* _Exercise data_
-*-

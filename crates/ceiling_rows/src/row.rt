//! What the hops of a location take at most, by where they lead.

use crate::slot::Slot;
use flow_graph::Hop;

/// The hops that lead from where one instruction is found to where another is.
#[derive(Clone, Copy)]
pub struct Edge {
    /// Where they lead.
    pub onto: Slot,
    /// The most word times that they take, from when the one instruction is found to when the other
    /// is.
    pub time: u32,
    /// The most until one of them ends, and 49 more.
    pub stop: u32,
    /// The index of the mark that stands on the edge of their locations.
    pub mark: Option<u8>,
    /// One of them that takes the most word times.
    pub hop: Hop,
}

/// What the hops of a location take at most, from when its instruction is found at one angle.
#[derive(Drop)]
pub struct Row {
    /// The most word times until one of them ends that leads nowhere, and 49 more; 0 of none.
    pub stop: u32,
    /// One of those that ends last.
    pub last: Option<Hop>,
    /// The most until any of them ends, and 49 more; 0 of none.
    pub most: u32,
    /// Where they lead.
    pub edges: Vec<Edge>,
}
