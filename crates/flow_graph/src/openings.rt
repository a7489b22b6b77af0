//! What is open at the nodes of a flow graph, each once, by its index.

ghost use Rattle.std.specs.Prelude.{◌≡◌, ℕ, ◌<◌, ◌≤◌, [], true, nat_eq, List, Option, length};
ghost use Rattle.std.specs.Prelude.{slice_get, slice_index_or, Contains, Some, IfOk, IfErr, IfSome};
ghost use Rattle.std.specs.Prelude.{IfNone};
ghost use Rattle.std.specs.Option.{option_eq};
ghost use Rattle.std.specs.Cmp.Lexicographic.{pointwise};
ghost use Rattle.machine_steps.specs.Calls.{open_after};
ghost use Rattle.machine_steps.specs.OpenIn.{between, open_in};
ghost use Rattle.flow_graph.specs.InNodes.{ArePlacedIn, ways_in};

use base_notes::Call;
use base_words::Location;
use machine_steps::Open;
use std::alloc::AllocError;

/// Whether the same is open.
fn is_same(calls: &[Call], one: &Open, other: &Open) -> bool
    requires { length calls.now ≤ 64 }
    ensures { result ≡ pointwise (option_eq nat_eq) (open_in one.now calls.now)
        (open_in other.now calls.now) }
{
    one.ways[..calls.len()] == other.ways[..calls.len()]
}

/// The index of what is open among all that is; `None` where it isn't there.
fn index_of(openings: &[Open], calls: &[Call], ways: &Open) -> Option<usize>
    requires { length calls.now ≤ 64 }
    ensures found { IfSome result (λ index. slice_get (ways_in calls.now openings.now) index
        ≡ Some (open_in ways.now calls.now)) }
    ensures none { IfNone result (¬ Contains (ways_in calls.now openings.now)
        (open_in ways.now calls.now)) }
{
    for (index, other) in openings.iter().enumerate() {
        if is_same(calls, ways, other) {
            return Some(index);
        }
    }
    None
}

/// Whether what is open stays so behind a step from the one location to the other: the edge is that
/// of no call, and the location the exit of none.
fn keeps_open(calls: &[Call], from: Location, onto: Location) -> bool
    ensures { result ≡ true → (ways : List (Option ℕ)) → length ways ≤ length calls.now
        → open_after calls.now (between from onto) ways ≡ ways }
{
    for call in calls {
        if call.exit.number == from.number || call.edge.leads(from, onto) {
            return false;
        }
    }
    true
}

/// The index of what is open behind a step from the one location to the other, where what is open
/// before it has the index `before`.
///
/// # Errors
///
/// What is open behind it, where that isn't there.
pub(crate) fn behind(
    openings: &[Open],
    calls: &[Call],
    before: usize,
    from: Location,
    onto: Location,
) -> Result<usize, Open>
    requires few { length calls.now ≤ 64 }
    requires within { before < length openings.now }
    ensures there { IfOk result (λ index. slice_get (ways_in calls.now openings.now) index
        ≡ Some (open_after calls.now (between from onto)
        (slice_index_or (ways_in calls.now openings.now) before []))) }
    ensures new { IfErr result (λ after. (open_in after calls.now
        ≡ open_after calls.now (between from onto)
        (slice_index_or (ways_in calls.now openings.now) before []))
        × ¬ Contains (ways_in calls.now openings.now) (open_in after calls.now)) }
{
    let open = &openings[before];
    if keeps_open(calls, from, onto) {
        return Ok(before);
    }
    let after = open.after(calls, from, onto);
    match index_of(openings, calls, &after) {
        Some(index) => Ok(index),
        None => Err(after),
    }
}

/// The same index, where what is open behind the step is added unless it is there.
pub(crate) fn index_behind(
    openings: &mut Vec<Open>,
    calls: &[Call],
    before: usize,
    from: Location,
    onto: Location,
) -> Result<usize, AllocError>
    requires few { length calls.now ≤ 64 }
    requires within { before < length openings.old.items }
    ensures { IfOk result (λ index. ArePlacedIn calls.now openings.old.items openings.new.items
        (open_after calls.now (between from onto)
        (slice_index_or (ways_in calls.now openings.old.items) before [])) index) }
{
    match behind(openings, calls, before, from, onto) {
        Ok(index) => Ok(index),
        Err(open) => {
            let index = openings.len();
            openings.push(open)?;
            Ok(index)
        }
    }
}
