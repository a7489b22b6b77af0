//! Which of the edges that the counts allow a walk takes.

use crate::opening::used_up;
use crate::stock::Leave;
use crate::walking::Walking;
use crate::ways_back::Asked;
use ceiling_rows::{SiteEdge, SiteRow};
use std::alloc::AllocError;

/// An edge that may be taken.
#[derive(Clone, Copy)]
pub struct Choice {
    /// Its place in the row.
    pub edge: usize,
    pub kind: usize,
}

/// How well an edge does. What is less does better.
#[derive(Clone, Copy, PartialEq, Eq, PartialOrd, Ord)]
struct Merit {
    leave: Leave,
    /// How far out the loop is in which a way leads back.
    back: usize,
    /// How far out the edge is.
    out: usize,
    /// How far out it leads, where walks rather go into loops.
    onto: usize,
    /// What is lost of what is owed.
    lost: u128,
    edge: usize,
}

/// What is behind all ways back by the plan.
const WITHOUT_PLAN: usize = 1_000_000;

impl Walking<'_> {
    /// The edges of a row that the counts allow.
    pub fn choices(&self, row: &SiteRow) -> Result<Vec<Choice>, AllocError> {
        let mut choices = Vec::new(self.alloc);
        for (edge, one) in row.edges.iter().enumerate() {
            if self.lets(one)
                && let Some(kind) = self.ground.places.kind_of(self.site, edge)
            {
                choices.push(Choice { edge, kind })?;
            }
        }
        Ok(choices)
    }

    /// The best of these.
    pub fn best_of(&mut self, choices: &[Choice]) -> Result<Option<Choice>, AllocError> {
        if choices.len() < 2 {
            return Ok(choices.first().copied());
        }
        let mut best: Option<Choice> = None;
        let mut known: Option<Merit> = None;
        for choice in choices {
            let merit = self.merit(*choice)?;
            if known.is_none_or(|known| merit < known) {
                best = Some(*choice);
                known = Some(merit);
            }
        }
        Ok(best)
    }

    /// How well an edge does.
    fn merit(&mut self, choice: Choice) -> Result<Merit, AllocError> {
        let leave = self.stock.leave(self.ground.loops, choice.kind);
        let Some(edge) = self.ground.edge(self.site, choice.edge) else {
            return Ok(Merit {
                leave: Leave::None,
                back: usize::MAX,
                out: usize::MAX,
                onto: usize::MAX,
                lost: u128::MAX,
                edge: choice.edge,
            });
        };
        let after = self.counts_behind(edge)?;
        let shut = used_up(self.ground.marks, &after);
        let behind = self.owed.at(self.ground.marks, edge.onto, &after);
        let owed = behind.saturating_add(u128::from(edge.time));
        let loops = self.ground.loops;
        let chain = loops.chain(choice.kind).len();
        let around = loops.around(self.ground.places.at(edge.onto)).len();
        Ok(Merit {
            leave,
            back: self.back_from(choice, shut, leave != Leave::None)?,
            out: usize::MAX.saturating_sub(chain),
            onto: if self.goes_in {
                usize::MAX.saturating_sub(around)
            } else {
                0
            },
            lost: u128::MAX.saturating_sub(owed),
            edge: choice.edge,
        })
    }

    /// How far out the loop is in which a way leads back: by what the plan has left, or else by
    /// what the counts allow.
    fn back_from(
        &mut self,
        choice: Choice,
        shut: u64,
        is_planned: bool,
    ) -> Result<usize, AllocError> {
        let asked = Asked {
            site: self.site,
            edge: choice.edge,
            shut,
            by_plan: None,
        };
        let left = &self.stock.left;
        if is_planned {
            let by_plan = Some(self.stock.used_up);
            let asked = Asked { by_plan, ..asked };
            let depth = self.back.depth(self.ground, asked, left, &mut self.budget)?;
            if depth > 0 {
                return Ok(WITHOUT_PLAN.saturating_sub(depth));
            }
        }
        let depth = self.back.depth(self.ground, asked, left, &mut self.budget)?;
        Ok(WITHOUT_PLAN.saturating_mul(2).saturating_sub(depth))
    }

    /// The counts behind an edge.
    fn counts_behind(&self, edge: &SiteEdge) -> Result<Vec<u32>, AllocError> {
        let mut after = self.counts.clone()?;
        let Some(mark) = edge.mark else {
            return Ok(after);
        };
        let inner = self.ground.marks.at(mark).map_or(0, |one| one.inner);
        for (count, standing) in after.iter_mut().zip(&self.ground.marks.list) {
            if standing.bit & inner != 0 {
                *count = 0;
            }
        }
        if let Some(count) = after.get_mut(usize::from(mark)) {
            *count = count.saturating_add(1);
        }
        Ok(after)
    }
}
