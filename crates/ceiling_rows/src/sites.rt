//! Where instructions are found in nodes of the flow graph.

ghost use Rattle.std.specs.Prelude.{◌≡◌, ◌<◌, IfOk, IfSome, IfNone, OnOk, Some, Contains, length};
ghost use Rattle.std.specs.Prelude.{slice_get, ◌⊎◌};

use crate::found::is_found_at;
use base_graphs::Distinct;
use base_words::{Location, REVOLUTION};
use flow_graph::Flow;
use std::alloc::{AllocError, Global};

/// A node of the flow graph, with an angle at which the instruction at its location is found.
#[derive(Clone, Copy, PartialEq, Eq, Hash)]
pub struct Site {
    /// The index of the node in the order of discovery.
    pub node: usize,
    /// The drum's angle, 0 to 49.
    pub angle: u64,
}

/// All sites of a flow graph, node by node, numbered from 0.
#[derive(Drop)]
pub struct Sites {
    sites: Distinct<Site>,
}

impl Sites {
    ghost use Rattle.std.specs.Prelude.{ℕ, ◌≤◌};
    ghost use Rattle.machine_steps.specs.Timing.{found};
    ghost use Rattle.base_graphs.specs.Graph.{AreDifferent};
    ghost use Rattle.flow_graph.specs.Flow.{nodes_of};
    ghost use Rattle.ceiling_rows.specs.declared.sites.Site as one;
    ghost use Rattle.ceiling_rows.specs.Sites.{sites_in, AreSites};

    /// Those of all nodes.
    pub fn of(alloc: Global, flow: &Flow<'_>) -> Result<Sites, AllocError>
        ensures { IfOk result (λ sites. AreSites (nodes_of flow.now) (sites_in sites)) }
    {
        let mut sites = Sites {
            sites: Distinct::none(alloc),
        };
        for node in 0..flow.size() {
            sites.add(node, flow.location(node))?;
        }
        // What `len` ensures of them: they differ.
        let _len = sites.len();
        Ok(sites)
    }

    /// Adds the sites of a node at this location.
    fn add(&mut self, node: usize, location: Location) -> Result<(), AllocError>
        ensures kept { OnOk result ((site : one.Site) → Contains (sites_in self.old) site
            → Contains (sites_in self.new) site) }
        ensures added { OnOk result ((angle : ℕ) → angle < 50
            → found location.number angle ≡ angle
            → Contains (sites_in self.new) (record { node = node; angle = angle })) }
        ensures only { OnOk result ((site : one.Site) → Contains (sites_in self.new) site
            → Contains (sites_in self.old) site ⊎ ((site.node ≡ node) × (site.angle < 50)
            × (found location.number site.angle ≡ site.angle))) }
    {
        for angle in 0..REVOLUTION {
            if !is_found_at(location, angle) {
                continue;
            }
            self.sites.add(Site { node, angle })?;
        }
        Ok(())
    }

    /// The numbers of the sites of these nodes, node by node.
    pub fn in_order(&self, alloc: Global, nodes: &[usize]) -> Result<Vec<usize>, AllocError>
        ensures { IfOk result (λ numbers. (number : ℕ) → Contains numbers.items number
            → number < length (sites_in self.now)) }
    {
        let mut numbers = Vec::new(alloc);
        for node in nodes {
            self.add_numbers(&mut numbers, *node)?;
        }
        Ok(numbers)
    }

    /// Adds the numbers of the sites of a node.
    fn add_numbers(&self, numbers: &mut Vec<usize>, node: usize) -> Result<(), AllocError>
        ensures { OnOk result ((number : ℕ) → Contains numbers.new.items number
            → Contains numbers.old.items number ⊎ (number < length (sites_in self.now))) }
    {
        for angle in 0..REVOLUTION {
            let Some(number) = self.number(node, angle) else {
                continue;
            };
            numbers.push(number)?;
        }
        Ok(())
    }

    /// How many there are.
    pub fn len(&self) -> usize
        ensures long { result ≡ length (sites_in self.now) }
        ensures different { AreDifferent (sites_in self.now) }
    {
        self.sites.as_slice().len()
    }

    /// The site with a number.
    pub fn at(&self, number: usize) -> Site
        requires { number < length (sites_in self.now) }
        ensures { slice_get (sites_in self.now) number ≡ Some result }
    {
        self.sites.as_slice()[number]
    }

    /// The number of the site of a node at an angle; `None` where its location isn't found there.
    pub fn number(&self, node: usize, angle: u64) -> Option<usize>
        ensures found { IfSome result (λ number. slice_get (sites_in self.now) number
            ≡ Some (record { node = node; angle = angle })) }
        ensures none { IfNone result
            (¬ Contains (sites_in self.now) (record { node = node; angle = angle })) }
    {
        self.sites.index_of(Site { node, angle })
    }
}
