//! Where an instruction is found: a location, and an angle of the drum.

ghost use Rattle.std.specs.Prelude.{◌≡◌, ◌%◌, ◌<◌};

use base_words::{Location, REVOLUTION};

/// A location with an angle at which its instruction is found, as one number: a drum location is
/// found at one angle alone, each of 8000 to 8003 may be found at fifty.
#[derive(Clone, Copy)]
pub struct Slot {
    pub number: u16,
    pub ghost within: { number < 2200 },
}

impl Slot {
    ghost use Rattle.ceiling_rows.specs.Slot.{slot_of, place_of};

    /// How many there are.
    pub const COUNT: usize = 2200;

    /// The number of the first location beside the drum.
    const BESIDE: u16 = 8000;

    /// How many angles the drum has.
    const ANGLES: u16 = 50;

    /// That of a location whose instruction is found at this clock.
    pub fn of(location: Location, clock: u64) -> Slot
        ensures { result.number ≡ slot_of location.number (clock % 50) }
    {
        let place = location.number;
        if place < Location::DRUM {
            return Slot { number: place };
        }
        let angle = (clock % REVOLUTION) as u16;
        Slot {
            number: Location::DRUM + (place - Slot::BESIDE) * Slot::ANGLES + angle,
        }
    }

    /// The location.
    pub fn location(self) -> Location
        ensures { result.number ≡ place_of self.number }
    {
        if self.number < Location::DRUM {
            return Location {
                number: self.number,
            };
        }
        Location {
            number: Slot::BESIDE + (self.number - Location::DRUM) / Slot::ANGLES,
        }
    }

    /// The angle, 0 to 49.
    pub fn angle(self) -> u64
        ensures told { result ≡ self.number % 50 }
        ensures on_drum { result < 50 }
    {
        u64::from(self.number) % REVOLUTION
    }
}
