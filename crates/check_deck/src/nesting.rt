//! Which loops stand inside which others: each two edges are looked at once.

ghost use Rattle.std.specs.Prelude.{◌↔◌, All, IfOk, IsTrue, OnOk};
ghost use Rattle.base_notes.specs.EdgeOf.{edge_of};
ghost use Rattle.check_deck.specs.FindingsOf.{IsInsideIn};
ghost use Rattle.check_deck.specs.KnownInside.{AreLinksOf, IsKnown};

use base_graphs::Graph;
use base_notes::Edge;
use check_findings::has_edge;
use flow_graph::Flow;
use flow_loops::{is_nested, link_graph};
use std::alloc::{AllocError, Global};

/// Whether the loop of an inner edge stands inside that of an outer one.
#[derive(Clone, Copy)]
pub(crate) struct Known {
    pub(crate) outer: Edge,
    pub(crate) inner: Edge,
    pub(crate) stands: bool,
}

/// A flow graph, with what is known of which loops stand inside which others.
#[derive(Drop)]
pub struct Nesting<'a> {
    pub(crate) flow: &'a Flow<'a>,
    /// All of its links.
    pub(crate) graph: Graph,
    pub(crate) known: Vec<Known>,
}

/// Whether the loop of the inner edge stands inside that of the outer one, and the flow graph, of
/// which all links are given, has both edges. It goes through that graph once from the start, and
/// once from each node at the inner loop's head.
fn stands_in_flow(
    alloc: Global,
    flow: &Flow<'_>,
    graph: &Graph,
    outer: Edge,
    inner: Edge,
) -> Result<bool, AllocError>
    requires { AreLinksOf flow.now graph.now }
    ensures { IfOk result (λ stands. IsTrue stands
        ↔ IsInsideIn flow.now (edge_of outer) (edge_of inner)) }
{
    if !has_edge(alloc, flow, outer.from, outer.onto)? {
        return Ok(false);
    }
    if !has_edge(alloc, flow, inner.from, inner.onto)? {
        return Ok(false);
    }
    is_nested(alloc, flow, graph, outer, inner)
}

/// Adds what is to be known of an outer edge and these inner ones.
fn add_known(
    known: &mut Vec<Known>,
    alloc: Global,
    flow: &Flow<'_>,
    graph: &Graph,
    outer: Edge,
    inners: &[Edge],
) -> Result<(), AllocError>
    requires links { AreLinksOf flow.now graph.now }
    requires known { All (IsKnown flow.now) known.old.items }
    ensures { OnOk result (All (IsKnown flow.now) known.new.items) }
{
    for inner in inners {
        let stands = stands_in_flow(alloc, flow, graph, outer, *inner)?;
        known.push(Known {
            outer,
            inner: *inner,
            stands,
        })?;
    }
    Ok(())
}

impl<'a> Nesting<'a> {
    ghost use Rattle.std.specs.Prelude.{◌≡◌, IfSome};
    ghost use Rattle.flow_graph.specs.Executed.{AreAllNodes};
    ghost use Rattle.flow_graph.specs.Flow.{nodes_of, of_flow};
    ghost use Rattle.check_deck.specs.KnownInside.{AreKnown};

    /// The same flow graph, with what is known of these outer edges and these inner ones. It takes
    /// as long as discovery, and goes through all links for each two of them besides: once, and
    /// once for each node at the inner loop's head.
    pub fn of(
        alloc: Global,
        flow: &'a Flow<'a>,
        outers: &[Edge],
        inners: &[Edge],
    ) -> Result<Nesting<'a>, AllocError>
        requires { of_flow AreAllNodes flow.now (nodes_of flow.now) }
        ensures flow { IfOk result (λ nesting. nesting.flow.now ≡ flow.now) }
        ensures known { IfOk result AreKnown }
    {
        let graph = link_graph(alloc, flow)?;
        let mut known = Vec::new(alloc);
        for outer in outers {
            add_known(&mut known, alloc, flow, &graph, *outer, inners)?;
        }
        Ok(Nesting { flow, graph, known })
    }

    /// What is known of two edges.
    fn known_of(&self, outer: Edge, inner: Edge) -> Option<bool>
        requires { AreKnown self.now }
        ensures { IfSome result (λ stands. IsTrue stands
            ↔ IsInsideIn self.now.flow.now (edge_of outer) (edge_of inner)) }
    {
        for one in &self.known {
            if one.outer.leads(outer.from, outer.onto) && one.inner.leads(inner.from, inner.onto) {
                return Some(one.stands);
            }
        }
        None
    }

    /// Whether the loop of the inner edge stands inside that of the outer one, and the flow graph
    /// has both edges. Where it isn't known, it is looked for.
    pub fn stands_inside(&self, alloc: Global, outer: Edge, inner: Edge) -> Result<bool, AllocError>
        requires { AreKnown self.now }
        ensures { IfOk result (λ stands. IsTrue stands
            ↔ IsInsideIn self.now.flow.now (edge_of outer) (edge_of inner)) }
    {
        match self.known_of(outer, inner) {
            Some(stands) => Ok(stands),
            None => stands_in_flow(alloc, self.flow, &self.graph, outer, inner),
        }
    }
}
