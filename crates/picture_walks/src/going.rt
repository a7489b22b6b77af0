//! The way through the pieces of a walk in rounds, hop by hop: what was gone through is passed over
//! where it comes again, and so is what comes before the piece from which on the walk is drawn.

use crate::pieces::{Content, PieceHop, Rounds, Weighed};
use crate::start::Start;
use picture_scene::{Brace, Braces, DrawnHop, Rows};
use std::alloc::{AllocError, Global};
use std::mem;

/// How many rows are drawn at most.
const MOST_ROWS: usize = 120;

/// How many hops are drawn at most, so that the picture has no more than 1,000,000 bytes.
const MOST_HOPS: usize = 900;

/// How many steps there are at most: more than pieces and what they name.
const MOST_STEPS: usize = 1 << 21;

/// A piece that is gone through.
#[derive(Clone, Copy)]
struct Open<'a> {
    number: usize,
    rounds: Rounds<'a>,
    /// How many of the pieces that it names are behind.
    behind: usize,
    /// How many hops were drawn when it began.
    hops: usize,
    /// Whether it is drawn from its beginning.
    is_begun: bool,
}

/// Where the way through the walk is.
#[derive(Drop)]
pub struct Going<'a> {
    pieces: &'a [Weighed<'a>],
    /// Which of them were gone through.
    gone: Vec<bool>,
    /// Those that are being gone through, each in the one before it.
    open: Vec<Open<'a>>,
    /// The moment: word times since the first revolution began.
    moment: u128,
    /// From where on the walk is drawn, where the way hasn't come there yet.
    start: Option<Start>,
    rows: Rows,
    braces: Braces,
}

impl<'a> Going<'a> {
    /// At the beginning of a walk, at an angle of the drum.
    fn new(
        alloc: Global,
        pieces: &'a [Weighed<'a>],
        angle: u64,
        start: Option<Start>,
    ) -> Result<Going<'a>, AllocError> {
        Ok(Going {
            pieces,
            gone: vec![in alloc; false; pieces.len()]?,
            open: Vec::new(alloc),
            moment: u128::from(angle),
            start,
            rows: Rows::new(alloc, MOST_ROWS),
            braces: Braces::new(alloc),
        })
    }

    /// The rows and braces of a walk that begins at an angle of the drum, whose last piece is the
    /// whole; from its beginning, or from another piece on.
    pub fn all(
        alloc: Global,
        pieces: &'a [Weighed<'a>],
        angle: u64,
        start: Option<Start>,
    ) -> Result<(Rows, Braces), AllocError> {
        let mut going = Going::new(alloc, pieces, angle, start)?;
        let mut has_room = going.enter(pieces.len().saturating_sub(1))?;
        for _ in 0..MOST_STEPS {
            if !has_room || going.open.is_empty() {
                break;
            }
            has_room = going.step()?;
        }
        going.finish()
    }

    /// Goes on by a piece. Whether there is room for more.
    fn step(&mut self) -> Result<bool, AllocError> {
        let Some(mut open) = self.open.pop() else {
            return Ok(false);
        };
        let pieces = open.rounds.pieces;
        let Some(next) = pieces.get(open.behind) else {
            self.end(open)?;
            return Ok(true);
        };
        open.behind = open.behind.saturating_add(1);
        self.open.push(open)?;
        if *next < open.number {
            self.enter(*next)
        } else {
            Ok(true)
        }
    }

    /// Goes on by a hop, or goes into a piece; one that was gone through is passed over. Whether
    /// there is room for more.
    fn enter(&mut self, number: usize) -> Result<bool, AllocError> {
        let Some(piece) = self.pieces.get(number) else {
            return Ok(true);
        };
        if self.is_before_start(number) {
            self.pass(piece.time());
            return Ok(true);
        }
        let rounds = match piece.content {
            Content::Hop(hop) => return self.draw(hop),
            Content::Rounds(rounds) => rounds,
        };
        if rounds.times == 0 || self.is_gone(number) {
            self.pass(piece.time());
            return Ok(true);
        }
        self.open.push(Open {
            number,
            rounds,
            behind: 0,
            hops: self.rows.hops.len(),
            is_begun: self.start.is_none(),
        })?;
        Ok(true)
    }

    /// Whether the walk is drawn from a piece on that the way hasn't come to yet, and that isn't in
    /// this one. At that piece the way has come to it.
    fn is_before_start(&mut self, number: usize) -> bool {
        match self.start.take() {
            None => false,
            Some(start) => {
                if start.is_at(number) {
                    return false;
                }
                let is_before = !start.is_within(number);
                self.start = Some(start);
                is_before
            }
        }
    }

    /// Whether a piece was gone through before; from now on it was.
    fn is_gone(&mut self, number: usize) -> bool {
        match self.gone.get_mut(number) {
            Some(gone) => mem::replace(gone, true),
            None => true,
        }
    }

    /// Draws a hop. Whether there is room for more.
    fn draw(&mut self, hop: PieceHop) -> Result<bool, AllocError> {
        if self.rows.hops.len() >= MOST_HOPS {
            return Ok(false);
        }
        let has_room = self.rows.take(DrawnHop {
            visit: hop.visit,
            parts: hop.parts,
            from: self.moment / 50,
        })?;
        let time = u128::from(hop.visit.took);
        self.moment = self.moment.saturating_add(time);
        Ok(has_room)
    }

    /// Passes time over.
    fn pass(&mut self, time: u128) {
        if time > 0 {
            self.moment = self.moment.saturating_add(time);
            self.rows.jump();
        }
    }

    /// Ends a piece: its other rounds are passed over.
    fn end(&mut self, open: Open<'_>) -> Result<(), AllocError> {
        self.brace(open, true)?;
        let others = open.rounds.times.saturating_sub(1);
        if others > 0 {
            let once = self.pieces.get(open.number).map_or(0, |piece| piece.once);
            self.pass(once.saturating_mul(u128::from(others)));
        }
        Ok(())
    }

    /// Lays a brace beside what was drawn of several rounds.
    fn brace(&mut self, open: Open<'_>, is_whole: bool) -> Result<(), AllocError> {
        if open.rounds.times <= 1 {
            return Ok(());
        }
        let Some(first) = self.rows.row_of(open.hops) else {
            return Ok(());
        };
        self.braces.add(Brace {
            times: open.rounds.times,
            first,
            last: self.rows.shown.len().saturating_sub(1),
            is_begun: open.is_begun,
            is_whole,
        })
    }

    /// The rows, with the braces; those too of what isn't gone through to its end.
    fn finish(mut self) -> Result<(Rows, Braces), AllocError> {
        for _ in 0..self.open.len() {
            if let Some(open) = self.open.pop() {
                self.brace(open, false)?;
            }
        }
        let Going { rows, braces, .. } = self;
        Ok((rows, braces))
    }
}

-*-

* _Exercise objective_
What's needed is a word-for-word copy of the lines from the one holding "self.pass(once.saturating_mul(u128::from(others)));" through the final line of the data.

* _Response to the exercise_
            self.pass(once.saturating_mul(u128::from(others)));
        }
        Ok(())
    }

    /// Lays a brace beside what was drawn of several rounds.
    fn brace(&mut self, open: Open<'_>, is_whole: bool) -> Result<(), AllocError> {
        if open.rounds.times <= 1 {
            return Ok(());
        }
        let Some(first) = self.rows.row_of(open.hops) else {
            return Ok(());
        };
        self.braces.add(Brace {
            times: open.rounds.times,
            first,
            last: self.rows.shown.len().saturating_sub(1),
            is_begun: open.is_begun,
            is_whole,
        })
    }

    /// The rows, with the braces; those too of what isn't gone through to its end.
    fn finish(mut self) -> Result<(Rows, Braces), AllocError> {
        for _ in 0..self.open.len() {
            if let Some(open) = self.open.pop() {
                self.brace(open, false)?;
            }
        }
        let Going { rows, braces, .. } = self;
        Ok((rows, braces))
    }
}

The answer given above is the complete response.